Supplied information: Begin

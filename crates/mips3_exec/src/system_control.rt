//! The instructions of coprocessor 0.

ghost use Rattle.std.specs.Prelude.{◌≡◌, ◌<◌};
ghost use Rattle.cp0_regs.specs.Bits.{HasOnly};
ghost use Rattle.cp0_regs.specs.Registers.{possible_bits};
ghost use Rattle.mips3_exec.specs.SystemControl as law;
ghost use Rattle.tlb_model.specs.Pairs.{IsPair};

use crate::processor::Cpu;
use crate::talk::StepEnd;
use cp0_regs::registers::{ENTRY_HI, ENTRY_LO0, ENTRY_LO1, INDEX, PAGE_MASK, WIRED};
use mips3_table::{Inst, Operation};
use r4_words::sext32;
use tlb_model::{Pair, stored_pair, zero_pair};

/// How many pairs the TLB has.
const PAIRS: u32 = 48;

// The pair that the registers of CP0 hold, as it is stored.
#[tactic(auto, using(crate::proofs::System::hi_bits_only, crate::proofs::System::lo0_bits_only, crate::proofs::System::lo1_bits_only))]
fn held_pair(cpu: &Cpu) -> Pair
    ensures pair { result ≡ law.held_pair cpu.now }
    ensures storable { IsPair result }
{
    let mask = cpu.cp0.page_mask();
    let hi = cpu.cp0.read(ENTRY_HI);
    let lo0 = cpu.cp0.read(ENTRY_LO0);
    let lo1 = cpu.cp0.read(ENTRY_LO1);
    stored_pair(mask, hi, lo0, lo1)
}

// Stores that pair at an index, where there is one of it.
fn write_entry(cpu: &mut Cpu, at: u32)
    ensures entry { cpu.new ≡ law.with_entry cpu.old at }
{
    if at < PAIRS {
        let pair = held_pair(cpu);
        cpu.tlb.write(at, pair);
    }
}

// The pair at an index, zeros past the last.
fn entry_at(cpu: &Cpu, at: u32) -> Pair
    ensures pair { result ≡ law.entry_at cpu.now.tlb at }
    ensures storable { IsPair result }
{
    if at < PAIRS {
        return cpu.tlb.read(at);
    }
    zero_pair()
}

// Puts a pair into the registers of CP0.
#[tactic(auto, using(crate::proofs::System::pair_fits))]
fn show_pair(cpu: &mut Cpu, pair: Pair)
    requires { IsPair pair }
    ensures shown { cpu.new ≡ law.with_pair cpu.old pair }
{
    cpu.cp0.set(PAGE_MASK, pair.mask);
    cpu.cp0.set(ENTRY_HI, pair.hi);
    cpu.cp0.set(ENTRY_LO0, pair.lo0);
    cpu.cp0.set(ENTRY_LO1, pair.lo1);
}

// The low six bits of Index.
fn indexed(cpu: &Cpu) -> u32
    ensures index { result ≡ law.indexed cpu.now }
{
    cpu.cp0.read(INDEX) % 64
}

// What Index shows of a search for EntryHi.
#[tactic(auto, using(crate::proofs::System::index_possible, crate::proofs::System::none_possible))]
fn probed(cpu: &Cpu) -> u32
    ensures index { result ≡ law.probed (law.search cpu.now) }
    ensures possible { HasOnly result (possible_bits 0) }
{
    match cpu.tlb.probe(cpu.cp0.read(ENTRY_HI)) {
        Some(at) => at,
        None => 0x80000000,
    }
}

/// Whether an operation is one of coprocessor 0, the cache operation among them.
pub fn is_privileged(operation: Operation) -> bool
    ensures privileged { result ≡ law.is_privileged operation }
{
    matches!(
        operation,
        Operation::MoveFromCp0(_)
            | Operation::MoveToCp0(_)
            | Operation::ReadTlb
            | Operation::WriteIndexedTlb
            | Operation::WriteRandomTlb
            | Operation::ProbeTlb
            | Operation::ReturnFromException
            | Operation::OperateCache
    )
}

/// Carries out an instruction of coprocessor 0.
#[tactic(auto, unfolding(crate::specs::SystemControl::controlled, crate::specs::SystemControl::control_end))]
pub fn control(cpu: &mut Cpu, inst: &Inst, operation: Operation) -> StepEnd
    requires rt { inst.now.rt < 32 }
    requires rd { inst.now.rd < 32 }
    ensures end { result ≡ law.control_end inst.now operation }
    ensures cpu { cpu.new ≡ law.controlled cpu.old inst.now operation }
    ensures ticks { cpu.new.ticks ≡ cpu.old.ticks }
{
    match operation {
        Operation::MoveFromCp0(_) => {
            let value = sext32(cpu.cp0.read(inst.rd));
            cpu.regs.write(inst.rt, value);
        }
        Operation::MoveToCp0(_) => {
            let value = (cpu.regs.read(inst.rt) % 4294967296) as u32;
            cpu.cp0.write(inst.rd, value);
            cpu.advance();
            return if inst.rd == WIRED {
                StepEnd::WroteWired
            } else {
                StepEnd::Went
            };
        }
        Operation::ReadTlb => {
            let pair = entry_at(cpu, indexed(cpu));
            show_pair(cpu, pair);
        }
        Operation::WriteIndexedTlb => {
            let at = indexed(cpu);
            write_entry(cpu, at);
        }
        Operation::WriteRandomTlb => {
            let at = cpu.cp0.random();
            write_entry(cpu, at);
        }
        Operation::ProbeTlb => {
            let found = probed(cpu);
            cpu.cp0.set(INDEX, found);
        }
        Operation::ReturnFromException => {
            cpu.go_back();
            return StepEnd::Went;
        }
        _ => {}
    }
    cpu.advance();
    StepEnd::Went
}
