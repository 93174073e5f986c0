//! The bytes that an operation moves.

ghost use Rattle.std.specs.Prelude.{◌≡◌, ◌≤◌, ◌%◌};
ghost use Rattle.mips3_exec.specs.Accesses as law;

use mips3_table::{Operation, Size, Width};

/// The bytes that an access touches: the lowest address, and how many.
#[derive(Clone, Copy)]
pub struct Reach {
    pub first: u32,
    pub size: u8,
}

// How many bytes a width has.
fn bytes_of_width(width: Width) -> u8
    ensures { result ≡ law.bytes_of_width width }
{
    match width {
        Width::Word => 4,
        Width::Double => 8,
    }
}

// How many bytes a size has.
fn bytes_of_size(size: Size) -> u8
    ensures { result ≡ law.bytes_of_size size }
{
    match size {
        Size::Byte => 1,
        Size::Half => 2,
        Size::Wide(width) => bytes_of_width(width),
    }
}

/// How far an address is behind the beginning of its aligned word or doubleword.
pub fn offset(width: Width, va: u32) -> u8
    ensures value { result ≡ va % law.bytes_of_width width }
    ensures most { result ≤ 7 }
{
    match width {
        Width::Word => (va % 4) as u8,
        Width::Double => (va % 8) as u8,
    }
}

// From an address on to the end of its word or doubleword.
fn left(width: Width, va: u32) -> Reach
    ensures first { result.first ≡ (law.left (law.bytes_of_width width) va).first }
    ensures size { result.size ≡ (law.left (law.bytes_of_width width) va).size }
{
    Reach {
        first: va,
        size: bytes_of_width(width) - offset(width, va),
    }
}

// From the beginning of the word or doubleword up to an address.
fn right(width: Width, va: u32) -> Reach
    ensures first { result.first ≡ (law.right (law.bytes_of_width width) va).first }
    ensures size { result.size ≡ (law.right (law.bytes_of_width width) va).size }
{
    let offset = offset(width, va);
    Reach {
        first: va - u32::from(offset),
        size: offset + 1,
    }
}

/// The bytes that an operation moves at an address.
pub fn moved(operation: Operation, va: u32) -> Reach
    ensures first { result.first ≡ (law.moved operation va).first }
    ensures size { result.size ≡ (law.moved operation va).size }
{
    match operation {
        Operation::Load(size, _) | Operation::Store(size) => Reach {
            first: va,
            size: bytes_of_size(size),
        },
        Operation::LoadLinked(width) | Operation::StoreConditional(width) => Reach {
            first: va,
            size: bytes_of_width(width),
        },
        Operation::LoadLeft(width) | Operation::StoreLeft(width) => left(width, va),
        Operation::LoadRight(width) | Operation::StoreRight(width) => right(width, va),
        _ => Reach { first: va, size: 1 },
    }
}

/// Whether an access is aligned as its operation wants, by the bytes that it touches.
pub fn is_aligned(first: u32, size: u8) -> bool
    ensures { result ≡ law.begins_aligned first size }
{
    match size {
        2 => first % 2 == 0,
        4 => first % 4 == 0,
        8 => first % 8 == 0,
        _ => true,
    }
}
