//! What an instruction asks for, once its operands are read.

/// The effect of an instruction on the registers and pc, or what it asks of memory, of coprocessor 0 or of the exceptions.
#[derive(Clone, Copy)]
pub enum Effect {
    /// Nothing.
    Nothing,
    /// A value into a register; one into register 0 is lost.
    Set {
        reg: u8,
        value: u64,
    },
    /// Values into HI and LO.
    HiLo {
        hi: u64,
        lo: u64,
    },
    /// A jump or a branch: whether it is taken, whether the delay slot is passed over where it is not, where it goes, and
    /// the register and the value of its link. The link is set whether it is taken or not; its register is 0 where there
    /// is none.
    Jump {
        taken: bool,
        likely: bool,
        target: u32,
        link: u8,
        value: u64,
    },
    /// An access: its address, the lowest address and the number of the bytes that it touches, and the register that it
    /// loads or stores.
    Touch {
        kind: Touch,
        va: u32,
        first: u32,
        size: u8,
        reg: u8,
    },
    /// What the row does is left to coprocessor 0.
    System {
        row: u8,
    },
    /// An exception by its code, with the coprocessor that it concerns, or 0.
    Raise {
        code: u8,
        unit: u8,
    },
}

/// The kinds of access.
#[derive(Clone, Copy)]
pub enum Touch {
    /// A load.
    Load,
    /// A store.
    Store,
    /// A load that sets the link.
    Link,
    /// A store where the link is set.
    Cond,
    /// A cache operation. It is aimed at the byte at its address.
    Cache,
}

Supplied information: End

What the exercise asks = Copy each line holding the word "bool" from the listing above.

Response to this task =
pub fn is_privileged(operation: Operation) -> bool
pub fn is_aligned(first: u32, size: u8) -> bool
        taken: bool,
        likely: bool,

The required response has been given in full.